### MATERIAL TO PROCESS
- - -
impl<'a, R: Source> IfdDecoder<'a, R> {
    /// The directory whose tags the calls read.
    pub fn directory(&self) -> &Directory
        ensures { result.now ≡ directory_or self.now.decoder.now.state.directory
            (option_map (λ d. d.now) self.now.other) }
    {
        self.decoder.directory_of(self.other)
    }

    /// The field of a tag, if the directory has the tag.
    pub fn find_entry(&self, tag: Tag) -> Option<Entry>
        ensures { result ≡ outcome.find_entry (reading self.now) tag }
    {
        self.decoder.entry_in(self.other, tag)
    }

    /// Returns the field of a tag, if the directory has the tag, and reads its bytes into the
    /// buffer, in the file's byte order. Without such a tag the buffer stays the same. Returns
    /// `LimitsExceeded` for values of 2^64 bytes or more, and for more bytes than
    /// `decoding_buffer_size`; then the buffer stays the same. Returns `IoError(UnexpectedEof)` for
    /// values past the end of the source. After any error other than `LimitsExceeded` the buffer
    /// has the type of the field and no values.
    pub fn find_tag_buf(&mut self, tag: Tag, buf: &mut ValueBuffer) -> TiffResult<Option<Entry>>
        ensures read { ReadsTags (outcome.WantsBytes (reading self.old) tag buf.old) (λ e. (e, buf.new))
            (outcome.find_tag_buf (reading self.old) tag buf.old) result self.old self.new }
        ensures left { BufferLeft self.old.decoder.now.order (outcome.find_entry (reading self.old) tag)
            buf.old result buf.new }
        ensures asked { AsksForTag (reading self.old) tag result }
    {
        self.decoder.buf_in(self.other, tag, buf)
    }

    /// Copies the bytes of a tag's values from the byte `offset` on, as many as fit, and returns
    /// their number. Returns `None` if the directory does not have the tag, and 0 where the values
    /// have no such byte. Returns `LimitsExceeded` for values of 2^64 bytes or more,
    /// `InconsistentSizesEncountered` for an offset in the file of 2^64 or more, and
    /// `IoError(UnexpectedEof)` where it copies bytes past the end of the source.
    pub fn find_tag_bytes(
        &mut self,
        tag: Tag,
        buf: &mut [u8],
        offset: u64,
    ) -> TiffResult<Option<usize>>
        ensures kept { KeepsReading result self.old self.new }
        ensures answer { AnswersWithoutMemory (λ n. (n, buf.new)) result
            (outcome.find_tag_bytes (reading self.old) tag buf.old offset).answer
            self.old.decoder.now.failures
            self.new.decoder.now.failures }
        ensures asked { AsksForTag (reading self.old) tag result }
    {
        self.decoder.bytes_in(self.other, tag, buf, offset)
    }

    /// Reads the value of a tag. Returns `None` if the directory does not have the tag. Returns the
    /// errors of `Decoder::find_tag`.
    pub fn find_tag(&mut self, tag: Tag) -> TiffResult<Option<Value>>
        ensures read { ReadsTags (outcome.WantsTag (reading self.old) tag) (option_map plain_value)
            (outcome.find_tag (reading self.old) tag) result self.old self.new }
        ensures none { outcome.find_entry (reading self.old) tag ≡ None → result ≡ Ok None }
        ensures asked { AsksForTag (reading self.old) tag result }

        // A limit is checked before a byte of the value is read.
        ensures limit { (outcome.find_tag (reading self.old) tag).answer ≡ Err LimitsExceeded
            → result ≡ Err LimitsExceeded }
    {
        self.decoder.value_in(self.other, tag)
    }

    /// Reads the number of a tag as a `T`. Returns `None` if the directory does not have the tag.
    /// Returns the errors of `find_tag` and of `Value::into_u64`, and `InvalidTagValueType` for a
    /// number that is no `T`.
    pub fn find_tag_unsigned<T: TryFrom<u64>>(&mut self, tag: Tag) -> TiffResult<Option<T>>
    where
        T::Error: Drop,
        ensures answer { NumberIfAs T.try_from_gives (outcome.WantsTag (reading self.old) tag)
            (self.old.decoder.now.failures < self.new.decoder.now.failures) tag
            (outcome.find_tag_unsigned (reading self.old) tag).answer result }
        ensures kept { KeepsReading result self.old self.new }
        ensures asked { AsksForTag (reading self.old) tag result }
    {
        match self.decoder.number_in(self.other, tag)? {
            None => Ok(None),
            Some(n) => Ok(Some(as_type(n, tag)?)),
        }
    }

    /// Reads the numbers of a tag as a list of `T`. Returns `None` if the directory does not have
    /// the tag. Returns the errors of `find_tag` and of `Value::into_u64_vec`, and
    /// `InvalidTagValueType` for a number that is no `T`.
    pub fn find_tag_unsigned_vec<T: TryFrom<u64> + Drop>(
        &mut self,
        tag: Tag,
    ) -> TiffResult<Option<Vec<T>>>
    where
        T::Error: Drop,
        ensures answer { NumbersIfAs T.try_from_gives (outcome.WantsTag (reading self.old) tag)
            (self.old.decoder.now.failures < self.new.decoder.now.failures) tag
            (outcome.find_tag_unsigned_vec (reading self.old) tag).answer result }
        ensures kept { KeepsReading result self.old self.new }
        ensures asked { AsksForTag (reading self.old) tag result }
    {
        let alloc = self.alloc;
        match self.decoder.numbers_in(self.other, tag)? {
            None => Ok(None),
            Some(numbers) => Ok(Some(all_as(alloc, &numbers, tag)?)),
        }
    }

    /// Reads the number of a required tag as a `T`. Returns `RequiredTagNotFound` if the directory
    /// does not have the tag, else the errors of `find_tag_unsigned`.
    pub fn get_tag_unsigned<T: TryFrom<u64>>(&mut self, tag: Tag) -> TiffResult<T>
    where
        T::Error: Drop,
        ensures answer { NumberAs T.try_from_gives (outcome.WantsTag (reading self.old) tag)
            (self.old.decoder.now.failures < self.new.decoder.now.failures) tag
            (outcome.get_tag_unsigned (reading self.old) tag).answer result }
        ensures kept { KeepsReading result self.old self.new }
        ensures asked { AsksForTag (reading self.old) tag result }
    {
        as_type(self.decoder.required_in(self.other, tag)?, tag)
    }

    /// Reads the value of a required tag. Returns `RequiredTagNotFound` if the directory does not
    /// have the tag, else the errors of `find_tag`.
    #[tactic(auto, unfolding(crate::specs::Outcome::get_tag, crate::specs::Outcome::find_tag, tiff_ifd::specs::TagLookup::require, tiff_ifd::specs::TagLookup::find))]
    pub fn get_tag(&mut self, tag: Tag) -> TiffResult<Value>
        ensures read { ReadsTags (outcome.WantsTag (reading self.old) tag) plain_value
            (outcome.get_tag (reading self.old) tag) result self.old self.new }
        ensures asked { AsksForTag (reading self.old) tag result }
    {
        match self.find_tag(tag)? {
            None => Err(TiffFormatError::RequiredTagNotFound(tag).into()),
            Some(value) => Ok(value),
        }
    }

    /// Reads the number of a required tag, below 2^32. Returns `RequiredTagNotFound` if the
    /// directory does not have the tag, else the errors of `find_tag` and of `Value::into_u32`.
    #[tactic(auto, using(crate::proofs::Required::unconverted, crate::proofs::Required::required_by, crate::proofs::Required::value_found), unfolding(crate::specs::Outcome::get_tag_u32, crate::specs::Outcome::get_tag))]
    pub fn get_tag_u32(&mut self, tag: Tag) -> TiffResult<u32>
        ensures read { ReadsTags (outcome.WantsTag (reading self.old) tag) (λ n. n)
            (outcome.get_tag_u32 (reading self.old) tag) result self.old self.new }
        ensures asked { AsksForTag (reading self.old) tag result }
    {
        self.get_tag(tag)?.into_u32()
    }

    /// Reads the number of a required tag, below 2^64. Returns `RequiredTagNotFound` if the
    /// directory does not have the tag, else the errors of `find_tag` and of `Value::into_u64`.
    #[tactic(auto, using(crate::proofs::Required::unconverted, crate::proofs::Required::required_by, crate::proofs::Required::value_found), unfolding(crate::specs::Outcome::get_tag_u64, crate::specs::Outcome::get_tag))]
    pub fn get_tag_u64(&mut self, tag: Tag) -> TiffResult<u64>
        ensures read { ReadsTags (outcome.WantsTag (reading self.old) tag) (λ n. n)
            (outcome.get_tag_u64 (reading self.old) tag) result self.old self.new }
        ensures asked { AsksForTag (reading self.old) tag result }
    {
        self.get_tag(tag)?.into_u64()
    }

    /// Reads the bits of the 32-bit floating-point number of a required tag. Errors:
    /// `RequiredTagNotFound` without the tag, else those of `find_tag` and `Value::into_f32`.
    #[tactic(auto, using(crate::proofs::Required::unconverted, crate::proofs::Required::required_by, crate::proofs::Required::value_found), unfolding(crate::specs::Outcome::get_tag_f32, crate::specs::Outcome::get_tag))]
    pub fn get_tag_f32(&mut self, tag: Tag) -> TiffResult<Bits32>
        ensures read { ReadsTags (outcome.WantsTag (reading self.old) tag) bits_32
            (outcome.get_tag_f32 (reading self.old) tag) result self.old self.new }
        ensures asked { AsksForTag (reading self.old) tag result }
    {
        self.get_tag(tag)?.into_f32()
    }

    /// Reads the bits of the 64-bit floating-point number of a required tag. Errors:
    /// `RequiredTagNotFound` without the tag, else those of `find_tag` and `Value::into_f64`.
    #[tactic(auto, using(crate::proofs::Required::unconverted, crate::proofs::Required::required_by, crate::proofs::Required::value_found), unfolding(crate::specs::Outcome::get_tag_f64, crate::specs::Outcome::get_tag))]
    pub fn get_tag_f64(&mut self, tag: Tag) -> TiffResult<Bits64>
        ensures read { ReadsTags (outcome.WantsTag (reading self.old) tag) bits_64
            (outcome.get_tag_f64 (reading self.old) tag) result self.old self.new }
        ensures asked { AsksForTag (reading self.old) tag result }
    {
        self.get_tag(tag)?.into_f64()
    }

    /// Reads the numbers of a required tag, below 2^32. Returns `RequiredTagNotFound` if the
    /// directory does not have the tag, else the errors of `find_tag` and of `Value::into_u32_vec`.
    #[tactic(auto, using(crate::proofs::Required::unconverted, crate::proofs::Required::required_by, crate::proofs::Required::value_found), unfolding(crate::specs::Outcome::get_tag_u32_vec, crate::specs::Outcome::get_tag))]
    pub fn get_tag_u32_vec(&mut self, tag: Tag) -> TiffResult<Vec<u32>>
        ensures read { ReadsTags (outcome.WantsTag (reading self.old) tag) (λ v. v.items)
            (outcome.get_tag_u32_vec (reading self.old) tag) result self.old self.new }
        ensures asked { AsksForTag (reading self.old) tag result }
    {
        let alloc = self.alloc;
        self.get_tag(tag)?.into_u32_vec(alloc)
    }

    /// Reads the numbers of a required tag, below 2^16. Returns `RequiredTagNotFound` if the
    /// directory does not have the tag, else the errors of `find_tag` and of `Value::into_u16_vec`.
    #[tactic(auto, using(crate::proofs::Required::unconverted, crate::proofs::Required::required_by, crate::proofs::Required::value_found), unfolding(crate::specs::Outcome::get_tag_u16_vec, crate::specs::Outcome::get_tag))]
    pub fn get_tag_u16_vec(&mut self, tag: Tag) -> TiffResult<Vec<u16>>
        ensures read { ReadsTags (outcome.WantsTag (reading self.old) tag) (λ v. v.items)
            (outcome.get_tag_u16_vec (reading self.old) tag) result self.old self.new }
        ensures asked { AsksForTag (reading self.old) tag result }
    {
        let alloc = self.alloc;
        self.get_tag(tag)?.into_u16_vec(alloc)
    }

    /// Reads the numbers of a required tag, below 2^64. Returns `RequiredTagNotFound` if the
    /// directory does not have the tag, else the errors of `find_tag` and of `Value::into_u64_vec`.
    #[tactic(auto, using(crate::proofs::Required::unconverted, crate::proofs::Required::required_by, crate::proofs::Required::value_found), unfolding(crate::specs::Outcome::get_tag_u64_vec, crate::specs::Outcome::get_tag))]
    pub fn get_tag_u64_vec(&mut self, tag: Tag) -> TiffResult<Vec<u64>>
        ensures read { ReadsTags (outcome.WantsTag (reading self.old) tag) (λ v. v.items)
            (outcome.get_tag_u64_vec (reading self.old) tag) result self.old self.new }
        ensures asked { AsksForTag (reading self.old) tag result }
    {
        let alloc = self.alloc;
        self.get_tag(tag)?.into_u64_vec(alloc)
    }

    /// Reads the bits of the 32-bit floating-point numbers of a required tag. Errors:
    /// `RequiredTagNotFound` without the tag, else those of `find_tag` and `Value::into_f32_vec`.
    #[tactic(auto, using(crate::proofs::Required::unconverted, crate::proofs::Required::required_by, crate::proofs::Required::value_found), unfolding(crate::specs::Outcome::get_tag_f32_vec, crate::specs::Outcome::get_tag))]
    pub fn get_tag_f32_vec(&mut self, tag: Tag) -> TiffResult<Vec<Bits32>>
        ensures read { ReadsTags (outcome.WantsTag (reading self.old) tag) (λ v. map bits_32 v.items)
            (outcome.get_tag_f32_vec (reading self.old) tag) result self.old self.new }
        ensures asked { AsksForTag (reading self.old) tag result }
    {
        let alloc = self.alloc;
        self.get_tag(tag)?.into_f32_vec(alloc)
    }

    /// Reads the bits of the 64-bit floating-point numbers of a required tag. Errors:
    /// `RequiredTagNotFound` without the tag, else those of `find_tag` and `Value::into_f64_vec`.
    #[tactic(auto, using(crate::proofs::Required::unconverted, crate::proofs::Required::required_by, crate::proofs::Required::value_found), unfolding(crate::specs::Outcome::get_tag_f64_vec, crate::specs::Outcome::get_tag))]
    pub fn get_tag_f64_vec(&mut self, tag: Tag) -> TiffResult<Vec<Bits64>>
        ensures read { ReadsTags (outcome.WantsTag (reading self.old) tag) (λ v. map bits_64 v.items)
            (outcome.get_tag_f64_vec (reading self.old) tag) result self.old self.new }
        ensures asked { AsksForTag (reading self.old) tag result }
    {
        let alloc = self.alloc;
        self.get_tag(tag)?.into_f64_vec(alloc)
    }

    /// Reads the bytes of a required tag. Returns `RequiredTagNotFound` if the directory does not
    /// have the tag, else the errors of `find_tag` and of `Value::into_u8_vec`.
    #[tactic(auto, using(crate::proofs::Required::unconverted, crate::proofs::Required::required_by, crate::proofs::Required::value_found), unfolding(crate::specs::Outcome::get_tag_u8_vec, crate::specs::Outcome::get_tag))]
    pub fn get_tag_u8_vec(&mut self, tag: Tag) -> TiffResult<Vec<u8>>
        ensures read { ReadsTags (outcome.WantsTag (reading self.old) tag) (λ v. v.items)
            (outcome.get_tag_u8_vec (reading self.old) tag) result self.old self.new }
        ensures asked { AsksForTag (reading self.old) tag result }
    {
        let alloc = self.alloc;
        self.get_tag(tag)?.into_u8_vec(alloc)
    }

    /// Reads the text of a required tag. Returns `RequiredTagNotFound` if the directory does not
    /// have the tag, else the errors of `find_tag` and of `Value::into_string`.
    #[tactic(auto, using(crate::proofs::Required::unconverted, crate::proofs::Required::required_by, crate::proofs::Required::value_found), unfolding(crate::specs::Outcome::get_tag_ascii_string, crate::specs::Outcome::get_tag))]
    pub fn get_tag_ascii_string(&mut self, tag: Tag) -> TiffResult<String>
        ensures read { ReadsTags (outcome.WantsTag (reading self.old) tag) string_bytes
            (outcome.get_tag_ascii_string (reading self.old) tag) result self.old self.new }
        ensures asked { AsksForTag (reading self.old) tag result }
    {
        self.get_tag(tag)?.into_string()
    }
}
- - -
Copy out exactly the lines that begin at the one with "self.get_tag(tag)?.into_u8_vec(alloc)" and end at the close of the material above; nothing else belongs in the answer.

### FINISHED EXERCISE
        self.get_tag(tag)?.into_u8_vec(alloc)
    }

    /// Reads the text of a required tag. Returns `RequiredTagNotFound` if the directory does not
    /// have the tag, else the errors of `find_tag` and of `Value::into_string`.
    #[tactic(auto, using(crate::proofs::Required::unconverted, crate::proofs::Required::required_by, crate::proofs::Required::value_found), unfolding(crate::specs::Outcome::get_tag_ascii_string, crate::specs::Outcome::get_tag))]
    pub fn get_tag_ascii_string(&mut self, tag: Tag) -> TiffResult<String>
        ensures read { ReadsTags (outcome.WantsTag (reading self.old) tag) string_bytes
            (outcome.get_tag_ascii_string (reading self.old) tag) result self.old self.new }
        ensures asked { AsksForTag (reading self.old) tag result }
    {
        self.get_tag(tag)?.into_string()
    }
}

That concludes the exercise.